*** Opening RECORDS TO USE ***

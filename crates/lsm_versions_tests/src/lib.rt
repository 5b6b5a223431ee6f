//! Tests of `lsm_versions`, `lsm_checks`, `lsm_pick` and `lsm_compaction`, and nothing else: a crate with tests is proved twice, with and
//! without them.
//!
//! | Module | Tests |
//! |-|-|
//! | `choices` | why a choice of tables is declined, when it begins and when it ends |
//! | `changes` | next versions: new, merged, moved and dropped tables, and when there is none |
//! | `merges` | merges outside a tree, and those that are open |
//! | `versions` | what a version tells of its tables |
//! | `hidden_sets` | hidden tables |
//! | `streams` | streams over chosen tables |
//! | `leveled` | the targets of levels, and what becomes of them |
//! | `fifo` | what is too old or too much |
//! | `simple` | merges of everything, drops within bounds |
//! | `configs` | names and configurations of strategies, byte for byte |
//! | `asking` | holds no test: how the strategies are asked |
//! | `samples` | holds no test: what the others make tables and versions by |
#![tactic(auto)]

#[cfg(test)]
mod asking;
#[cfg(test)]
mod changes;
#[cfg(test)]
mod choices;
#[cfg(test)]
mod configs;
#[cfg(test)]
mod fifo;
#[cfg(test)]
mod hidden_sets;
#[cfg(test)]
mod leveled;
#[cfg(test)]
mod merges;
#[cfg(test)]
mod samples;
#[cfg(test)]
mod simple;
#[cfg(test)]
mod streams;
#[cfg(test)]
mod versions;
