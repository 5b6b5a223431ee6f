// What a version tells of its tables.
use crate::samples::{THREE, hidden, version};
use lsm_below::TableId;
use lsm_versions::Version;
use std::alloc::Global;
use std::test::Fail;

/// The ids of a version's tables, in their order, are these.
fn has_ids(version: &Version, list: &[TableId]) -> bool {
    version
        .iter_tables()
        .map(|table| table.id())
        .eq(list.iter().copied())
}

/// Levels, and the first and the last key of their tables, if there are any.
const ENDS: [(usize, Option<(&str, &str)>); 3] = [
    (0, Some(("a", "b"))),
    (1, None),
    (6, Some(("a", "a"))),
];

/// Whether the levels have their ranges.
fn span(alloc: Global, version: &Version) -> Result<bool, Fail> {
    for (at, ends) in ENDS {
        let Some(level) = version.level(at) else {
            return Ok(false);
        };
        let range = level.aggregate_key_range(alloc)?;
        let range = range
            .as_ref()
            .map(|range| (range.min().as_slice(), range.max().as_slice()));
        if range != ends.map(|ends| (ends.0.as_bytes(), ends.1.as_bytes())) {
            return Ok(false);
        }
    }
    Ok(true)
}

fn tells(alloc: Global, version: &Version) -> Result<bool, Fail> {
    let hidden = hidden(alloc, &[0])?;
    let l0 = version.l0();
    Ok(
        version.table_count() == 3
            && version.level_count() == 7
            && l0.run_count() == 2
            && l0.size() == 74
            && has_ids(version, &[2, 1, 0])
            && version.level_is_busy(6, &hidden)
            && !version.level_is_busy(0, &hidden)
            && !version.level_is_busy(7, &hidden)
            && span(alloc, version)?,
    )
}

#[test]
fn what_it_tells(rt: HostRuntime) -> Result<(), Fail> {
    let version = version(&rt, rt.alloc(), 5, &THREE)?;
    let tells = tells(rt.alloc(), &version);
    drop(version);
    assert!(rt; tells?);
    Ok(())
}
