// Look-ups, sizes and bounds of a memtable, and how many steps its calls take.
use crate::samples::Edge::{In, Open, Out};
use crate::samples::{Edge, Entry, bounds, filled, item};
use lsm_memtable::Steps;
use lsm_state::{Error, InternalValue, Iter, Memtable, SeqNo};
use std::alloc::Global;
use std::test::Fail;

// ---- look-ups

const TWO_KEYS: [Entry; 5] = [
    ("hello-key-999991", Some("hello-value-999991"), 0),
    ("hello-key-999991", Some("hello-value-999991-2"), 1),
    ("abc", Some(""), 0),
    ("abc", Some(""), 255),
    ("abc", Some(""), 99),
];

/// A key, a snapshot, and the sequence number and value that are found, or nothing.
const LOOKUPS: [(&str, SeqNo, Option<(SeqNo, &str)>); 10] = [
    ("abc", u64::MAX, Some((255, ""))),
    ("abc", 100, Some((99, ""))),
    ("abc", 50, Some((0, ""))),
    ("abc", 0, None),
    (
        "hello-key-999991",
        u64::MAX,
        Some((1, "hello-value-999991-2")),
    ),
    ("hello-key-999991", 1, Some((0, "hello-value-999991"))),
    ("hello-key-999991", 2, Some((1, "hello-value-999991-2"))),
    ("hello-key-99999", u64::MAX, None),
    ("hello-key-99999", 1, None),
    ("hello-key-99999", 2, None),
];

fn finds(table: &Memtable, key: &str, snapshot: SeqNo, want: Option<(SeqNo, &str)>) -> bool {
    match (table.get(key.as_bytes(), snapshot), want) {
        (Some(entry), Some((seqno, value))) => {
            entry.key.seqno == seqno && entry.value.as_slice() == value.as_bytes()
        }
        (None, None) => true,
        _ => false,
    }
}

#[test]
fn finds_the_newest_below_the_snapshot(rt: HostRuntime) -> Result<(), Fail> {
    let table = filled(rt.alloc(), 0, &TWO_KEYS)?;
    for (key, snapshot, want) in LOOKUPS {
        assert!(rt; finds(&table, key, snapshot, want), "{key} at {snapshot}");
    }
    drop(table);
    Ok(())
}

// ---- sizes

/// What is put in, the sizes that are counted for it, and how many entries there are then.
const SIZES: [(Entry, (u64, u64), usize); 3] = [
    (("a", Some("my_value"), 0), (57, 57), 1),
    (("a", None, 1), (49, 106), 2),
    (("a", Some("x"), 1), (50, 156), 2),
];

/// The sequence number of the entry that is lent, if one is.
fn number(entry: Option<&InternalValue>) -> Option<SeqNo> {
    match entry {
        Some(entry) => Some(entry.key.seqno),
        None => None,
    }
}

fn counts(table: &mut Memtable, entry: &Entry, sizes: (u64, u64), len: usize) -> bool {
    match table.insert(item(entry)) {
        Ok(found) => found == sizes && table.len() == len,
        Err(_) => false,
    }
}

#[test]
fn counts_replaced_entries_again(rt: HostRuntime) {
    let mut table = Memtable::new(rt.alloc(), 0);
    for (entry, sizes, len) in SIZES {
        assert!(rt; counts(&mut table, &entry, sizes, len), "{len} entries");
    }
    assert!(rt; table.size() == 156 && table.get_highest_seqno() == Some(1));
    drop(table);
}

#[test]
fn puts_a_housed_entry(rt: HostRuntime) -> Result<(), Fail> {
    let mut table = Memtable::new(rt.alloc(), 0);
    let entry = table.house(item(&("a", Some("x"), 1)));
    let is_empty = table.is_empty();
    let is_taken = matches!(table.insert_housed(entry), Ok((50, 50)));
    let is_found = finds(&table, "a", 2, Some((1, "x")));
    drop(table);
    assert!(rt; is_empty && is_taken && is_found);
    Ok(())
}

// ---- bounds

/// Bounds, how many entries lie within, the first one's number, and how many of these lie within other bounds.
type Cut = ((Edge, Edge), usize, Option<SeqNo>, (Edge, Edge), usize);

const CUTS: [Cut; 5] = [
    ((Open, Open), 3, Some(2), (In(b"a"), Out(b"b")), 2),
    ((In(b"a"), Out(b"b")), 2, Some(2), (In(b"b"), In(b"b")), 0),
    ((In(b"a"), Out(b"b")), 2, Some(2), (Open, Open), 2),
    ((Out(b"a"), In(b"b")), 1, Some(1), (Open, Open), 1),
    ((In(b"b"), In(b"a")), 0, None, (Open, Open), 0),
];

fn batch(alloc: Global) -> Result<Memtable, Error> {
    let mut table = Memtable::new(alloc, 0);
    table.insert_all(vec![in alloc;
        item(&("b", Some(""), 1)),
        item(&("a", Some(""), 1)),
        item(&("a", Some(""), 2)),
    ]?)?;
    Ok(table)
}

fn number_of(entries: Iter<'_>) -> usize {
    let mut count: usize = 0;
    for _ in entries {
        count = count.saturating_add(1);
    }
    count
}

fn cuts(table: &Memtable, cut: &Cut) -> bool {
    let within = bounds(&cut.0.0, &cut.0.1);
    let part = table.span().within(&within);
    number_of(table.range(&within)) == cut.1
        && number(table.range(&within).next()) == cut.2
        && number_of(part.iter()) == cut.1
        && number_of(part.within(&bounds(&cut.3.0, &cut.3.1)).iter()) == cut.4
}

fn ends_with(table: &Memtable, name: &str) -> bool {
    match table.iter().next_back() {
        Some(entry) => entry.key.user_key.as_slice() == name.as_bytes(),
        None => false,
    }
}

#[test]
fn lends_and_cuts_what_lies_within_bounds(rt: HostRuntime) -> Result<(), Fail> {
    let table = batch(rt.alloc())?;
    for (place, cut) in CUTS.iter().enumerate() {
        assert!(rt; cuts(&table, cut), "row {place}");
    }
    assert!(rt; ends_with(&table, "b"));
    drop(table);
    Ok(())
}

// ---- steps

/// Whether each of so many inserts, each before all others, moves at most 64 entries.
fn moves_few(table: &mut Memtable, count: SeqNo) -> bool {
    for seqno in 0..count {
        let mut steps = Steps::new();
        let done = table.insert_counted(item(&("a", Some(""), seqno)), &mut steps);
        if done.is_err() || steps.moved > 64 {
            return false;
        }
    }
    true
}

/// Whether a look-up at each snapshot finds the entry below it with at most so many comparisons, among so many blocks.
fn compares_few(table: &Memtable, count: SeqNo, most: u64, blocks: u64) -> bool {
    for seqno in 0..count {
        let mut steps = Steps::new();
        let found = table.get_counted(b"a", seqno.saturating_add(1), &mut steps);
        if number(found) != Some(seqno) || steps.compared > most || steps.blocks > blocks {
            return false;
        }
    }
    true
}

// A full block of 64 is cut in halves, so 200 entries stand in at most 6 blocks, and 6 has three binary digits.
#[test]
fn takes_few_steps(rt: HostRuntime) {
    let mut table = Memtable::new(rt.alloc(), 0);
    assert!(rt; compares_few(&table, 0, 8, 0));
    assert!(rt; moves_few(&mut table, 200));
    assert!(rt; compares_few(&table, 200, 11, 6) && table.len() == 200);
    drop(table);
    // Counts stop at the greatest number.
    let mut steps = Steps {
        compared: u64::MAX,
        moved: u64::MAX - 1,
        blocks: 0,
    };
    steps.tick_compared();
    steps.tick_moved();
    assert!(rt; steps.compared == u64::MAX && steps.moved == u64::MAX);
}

*** Closing RECORDS TO USE ***

THE PROBLEM = Look above for the line that holds "steps.tick_compared();", then copy it and each line after it exactly, through the last line of the data.

ANSWER FOR THE TASK =
    steps.tick_compared();
    steps.tick_moved();
    assert!(rt; steps.compared == u64::MAX && steps.moved == u64::MAX);
}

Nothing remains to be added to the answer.